> WHAT IS BEING ASKED
Using the string "AllocError" as the key, pull each matching line out of the records below.

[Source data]
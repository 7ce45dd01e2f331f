//! Tests of iterators over the maximal runs of a set, with expected values worked out by hand.

ghost use Rattle.bittle.specs.Values.{ShapeFits};

use crate::calls::{BACK, FRONT, one_runs, runs_taken, zero_runs};
use crate::checks::same;
use bittle::{Bits, LittleEndian};
use bittle_ext::prelude::*;
use std::alloc::AllocError;
use std::ops::Range;

#[test]
fn the_runs_of_a_word(rt: HostRuntime) {
    // Bits 1, 5 and 6 are set, and all others are unset.
    let word = 0b0110_0010u8;
    let ones = one_runs(&word, [FRONT, FRONT, FRONT, FRONT, BACK]);
    same!(rt; ones, [Some((1, 2)), Some((5, 7)), None, None, None]);
    let zeros = zero_runs(&word, [FRONT, BACK, FRONT, BACK, FRONT]);
    same!(rt; zeros, [Some((0, 1)), Some((7, 8)), Some((2, 5)), None, None]);
    // In little-endian order, bits 1, 2 and 6 are set, and all others are unset.
    let view = word.in_order::<LittleEndian>();
    let left = one_runs(&view, [BACK, BACK, BACK, FRONT]);
    same!(rt; left, [Some((6, 7)), Some((1, 3)), None, None]);
    let left = zero_runs(&view, [FRONT; 3]);
    same!(rt; left, [Some((0, 1)), Some((3, 6)), Some((7, 8))]);
}

#[test]
fn runs_of_a_slice(rt: HostRuntime) {
    // Bits 7 and 8 are set.
    let bytes = [0x80u8, 0x01];
    let row: &[u8] = &bytes[..];
    same!(rt; one_runs(&row, [FRONT, BACK]), [Some((7, 9)), None]);
}

#[test]
fn one_run_or_none(rt: HostRuntime) {
    let none: [u8; 0] = [];
    same!(rt; (one_runs(&none, [FRONT]), zero_runs(&none, [BACK])), ([None], [None]));
    let all = [Some((0, 16))];
    same!(rt; (one_runs(&0xFFFFu16, [FRONT]), zero_runs(&0xFFFFu16, [BACK])), (all, [None]));
    same!(rt; (one_runs(&0u16, [FRONT]), zero_runs(&0u16, [BACK])), ([None], all));
}

// Returns the runs that an iterator yields from its front. Then returns those that its clone yields
// once from the back and twice from the front. If the iterator cannot be cloned, all are `None`.
fn runs_and_of_a_clone<W: DoubleEndedIterator<Item = Range<u32>> + Clone>(
    walk: &mut W,
) -> [[Option<(u32, u32)>; 3]; 2]
    requires front { (w : W) → W.can_next w }
    requires back { (w : W) → W.can_next_back w }
{
    let clone: Result<W, AllocError> = walk.clone();
    let Ok(mut clone) = clone else {
        return [[None; 3]; 2];
    };
    let runs = runs_taken(walk, [FRONT; 3]);
    [runs, runs_taken(&mut clone, [BACK, FRONT, FRONT])]
}

// Calls `runs_and_of_a_clone` on an iterator over the runs of set bits.
fn one_runs_and_of_a_clone<B: Bits>(bits: &B) -> [[Option<(u32, u32)>; 3]; 2]
    requires { ShapeFits B.Shape bits.now }
{
    runs_and_of_a_clone(&mut bits.iter_one_runs())
}

#[test]
fn a_clone_goes_on_from_its_source(rt: HostRuntime) {
    // Bits 1, 5 and 6 are set.
    let [runs, of_clone] = one_runs_and_of_a_clone(&0b0110_0010u8);
    same!(rt; runs, [Some((1, 2)), Some((5, 7)), None]);
    same!(rt; of_clone, [Some((5, 7)), Some((1, 2)), None]);
}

> TASK OUTPUT
use std::alloc::AllocError;
    let clone: Result<W, AllocError> = walk.clone();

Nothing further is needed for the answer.